Required action. In the records that follow, find each line containing "given" and copy it.

#### Task data

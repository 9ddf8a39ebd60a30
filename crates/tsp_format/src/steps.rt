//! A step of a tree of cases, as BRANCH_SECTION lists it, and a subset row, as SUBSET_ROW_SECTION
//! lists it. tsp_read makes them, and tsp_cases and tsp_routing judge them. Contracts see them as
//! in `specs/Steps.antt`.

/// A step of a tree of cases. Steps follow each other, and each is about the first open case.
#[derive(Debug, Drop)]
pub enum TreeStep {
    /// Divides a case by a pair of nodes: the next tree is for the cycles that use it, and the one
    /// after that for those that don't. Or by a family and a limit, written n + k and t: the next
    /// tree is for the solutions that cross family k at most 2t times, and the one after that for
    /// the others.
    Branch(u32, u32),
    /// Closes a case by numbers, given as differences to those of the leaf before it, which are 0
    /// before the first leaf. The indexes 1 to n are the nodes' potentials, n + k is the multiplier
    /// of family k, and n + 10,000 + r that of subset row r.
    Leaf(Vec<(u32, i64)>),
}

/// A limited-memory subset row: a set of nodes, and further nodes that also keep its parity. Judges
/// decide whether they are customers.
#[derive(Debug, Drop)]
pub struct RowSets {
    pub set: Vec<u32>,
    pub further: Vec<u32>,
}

########
#### Task data

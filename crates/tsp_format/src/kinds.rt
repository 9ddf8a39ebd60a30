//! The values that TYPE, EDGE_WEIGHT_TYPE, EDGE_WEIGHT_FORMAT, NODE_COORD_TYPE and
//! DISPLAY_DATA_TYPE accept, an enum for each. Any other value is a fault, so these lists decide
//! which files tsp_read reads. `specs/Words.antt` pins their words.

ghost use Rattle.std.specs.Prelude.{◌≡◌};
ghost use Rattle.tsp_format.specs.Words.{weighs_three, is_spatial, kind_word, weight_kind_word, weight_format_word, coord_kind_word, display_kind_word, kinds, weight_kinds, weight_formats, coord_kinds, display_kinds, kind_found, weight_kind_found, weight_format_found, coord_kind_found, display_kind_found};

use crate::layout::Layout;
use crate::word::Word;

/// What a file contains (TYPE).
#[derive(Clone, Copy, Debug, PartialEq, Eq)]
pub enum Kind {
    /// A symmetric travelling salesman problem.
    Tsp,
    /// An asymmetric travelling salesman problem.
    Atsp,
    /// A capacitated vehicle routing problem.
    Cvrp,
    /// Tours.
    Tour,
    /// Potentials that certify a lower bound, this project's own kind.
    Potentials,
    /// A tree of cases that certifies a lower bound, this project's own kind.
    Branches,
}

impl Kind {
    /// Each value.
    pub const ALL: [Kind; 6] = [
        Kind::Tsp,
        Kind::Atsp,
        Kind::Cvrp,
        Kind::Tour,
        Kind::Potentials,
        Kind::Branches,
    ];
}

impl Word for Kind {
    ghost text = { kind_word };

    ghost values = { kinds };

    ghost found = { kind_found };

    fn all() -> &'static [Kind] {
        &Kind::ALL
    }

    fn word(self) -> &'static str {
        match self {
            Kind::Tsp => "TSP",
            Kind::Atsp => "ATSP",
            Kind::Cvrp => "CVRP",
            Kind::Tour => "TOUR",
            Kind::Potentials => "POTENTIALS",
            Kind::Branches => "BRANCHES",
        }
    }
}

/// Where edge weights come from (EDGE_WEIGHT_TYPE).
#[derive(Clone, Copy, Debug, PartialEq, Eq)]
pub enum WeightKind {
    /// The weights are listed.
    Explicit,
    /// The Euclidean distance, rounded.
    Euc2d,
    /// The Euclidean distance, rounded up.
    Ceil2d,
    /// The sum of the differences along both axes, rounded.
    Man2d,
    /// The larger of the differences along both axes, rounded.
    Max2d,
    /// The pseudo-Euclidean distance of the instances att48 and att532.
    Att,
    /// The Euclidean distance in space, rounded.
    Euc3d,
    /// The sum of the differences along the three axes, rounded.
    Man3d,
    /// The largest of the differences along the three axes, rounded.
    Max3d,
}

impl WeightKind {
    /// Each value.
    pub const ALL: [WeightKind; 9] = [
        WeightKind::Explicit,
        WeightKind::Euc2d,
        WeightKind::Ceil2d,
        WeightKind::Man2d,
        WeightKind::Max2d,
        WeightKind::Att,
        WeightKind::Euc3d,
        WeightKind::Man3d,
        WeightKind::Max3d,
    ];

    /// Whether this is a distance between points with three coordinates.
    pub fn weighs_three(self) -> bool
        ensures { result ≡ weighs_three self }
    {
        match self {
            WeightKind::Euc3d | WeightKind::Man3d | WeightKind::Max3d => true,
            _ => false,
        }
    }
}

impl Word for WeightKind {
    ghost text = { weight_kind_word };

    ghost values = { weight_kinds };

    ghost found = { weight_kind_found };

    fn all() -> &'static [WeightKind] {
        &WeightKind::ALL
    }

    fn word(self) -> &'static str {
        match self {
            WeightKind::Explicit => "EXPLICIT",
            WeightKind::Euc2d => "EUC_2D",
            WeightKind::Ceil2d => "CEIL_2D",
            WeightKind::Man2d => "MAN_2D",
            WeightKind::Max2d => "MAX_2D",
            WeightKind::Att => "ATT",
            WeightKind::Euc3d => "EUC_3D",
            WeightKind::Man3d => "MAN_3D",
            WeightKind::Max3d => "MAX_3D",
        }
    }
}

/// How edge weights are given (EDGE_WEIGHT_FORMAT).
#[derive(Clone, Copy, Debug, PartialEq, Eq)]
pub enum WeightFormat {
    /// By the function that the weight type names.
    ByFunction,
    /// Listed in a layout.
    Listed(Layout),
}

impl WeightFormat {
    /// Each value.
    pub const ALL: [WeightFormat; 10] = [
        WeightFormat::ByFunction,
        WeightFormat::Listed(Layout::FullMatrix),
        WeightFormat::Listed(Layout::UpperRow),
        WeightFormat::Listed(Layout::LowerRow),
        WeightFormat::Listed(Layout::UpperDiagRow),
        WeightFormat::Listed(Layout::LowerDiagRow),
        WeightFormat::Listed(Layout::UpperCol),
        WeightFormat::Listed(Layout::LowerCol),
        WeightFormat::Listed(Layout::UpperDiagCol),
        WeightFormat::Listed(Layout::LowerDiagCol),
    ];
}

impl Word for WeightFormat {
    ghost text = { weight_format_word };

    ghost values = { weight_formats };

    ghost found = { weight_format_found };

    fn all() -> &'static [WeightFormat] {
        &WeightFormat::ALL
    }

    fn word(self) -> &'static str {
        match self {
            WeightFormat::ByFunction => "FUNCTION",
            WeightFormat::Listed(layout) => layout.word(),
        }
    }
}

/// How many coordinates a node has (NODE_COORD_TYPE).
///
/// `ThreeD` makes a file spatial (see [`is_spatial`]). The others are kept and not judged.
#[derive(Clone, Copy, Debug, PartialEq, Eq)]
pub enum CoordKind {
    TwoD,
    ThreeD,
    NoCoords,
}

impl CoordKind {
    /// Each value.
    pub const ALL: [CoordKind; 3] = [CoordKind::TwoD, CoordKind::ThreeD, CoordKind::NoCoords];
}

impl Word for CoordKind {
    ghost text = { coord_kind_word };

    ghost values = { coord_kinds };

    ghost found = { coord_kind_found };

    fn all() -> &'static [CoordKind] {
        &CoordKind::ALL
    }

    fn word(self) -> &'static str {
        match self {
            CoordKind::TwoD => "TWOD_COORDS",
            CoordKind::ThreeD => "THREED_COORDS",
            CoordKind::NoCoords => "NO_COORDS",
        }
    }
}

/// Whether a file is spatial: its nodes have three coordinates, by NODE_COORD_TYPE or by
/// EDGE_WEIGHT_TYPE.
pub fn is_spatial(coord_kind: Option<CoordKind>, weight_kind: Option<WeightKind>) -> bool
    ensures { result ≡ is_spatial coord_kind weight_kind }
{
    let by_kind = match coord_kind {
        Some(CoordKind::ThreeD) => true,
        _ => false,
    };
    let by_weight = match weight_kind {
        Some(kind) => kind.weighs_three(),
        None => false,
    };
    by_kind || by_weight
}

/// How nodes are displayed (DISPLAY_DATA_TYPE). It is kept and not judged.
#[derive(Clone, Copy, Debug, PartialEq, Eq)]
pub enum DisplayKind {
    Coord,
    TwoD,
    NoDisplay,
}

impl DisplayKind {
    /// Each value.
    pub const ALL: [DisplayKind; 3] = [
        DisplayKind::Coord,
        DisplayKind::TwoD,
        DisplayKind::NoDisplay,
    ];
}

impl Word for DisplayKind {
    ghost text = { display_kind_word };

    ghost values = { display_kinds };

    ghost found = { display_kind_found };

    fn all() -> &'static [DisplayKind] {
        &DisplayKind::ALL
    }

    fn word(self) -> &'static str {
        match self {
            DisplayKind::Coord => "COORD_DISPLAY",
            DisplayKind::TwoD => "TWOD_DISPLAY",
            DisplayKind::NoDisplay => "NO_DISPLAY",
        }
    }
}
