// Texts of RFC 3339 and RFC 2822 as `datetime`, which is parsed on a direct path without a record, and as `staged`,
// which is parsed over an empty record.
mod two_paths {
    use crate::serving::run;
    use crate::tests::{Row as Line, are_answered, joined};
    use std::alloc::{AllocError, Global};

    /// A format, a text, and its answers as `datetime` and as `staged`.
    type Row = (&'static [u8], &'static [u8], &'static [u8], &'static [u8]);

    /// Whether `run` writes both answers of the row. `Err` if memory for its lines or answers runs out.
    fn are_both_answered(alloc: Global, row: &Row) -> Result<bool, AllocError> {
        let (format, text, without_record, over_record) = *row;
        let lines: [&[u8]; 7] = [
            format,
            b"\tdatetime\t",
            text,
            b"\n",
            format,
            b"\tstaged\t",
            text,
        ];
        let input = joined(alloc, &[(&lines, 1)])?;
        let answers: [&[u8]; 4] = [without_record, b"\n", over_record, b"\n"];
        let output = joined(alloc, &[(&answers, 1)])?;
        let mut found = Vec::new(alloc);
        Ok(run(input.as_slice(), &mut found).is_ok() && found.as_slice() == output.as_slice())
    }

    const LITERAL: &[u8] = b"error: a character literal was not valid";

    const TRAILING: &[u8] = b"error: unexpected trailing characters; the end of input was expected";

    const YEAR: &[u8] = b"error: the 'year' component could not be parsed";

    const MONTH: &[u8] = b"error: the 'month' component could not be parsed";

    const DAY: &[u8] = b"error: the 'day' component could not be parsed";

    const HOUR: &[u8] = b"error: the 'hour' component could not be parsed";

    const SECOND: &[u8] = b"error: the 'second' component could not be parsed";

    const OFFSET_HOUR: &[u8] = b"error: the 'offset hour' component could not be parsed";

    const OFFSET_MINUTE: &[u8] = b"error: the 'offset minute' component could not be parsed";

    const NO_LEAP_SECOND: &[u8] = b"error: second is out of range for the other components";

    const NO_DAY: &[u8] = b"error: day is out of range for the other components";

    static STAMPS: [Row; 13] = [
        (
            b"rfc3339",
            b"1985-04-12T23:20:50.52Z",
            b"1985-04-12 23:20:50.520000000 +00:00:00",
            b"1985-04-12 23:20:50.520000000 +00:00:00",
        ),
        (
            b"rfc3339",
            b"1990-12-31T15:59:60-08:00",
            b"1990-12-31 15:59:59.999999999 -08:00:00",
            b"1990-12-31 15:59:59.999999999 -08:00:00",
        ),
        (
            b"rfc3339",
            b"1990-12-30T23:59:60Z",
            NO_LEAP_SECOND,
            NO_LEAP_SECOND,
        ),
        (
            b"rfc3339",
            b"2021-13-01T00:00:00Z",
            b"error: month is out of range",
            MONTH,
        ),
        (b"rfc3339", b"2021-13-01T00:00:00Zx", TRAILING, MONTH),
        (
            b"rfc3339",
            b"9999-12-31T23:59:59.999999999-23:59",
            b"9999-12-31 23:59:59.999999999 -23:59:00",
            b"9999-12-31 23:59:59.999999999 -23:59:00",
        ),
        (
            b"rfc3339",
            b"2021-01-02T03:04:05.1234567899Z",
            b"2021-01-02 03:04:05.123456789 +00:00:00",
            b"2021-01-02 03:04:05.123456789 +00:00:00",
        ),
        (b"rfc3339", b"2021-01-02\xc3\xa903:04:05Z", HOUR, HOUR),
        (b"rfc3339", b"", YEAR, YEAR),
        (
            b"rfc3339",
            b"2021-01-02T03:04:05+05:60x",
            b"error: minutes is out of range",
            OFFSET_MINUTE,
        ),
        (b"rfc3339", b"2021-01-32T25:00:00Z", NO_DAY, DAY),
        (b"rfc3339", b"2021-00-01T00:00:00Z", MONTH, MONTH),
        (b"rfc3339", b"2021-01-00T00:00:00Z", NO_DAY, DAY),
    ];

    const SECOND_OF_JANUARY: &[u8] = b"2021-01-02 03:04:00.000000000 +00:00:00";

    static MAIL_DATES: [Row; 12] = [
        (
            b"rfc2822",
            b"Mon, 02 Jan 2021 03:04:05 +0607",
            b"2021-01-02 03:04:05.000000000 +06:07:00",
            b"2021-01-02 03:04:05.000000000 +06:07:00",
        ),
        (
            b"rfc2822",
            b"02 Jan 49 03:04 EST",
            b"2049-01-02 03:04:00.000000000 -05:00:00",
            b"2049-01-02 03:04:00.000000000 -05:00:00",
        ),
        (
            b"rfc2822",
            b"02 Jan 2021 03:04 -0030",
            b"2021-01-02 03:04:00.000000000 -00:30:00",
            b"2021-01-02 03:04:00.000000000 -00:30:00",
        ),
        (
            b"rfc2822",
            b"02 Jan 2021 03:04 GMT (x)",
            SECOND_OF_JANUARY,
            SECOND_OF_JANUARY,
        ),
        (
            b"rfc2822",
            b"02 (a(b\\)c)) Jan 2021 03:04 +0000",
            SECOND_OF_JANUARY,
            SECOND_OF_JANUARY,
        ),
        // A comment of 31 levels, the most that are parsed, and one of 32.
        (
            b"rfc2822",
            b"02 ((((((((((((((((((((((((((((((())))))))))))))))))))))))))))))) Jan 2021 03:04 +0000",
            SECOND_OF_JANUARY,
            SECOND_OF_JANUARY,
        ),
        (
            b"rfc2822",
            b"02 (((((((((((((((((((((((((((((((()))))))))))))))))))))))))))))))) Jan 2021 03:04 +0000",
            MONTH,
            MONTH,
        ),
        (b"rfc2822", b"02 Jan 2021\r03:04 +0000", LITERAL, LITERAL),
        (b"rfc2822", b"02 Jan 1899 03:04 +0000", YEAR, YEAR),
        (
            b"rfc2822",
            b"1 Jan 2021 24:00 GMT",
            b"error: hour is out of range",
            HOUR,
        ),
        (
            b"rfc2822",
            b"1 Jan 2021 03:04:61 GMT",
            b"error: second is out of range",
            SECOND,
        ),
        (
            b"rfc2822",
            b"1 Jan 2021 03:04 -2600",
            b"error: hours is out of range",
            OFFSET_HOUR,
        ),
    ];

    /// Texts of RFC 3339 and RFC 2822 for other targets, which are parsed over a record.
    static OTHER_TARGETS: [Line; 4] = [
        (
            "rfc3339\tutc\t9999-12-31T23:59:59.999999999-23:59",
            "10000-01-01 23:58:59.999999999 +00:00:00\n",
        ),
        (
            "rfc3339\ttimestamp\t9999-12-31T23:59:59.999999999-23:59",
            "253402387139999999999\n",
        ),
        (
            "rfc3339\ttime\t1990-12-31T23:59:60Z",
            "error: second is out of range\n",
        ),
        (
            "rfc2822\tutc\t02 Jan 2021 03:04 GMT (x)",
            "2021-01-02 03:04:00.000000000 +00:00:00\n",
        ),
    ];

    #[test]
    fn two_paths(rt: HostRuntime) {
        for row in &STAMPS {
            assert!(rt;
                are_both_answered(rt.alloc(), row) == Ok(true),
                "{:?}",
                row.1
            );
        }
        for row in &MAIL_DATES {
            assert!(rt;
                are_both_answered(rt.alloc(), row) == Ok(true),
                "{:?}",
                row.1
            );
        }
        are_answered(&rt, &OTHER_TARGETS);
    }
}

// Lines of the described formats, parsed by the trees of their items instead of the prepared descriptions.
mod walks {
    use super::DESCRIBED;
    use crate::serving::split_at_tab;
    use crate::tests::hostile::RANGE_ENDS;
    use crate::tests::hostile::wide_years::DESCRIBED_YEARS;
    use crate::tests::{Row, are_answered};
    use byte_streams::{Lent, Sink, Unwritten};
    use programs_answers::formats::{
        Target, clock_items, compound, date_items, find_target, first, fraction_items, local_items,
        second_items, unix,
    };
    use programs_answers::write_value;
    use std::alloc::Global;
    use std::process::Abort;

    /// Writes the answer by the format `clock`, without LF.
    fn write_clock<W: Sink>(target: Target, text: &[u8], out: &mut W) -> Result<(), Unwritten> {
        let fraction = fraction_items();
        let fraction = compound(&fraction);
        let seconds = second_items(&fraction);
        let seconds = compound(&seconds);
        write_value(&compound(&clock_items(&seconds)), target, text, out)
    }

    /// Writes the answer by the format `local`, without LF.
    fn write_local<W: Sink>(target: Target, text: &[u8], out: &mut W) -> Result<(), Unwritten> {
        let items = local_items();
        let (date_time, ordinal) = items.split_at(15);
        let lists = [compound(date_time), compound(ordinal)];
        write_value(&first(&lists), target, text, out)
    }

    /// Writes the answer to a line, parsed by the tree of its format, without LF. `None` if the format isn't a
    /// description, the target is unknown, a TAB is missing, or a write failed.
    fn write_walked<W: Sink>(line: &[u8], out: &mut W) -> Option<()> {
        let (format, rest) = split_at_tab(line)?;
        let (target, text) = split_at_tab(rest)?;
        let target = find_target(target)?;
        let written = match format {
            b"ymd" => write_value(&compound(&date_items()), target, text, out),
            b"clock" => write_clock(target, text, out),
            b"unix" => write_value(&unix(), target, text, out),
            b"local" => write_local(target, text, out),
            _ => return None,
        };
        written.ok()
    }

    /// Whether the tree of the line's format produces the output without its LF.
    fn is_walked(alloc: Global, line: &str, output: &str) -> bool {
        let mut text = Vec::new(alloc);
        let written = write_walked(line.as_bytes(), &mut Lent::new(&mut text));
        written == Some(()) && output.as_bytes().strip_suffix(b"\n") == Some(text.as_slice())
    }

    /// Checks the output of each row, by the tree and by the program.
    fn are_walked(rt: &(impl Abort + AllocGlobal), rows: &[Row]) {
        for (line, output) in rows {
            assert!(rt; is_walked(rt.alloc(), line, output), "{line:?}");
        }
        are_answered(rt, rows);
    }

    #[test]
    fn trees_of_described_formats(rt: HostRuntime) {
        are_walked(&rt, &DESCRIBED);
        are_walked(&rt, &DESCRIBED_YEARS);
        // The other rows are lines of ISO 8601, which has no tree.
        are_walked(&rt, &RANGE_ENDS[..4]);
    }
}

########
#### Task data

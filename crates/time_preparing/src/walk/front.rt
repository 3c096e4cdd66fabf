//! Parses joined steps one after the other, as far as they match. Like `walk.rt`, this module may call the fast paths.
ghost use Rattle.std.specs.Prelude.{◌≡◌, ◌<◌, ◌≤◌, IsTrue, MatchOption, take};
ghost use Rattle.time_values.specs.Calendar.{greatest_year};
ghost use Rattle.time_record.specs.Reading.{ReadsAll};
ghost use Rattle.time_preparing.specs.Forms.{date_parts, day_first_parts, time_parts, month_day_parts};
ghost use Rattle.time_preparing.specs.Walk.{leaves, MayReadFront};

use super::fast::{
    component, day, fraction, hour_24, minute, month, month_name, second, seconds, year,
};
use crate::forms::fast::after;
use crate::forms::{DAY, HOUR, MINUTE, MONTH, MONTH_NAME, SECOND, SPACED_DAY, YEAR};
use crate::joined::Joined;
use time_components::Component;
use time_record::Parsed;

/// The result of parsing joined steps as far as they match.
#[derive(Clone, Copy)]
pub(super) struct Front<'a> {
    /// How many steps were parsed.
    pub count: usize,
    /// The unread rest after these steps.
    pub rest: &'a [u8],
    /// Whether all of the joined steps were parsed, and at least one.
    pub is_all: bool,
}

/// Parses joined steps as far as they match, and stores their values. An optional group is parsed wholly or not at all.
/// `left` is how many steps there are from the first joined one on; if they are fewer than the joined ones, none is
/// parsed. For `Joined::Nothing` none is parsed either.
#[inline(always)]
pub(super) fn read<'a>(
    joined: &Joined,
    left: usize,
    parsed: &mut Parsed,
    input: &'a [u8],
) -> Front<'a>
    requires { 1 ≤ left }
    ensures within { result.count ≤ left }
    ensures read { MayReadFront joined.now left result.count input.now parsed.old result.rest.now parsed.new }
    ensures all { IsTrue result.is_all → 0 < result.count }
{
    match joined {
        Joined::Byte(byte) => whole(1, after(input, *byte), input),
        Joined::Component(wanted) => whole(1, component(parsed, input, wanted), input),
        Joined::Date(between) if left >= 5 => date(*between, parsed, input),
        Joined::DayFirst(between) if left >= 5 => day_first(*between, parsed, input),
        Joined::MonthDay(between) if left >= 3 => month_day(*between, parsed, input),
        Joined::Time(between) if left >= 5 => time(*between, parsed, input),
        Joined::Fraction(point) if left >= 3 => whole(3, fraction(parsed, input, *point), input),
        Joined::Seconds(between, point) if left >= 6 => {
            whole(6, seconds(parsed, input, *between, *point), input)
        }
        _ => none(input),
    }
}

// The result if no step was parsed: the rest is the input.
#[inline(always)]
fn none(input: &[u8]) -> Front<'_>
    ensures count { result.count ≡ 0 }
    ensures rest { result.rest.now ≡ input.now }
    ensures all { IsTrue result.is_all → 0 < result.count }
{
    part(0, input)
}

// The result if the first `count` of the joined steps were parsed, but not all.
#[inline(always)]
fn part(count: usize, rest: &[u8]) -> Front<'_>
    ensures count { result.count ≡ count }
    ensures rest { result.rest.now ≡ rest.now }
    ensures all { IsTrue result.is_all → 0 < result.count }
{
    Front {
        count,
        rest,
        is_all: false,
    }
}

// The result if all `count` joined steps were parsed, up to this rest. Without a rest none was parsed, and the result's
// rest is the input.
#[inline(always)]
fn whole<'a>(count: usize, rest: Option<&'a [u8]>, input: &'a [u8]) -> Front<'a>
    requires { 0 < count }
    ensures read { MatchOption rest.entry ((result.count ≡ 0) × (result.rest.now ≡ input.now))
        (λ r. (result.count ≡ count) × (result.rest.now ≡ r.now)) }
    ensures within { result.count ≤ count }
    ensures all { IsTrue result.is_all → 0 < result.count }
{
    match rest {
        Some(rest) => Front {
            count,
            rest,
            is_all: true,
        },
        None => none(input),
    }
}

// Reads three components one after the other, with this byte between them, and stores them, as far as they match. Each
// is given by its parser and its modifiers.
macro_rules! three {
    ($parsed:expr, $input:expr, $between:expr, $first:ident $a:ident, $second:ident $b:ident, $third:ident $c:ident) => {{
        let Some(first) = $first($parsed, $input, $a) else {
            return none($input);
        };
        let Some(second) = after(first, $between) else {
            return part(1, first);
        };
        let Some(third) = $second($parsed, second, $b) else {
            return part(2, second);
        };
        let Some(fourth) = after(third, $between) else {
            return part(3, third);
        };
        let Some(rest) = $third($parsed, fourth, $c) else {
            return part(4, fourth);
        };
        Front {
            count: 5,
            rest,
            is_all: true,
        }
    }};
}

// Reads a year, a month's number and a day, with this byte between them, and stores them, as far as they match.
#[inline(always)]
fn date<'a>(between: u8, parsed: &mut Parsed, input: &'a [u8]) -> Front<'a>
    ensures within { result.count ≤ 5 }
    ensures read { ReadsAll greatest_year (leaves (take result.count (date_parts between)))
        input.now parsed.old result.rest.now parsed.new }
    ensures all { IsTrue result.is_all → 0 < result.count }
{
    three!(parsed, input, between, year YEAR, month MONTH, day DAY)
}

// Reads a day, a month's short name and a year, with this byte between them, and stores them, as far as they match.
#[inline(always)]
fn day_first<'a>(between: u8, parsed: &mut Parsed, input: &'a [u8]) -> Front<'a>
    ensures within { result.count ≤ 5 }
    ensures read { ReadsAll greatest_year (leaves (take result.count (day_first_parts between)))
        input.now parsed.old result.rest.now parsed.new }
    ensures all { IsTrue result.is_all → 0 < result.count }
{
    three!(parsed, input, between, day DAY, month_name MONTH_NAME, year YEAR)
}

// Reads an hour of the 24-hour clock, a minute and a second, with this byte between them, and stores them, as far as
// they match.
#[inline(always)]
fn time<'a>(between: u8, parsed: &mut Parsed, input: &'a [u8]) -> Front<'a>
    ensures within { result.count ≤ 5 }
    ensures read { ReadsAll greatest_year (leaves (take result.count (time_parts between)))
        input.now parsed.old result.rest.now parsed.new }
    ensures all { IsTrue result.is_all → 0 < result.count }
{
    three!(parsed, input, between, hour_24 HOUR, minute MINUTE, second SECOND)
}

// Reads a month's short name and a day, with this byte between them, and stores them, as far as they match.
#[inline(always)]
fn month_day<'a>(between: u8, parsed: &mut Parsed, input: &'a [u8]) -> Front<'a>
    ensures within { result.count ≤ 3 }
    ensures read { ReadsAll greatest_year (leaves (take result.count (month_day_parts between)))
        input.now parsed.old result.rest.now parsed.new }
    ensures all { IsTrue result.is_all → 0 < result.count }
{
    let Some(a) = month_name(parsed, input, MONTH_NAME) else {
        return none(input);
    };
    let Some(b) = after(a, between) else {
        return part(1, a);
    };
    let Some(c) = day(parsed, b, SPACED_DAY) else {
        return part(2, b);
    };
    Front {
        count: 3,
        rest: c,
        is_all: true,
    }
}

########

Written answer.
    /// Closes a case by numbers, given as differences to those of the leaf before it, which are 0
/// How edge weights are given (EDGE_WEIGHT_FORMAT).
// is given by its parser and its modifiers.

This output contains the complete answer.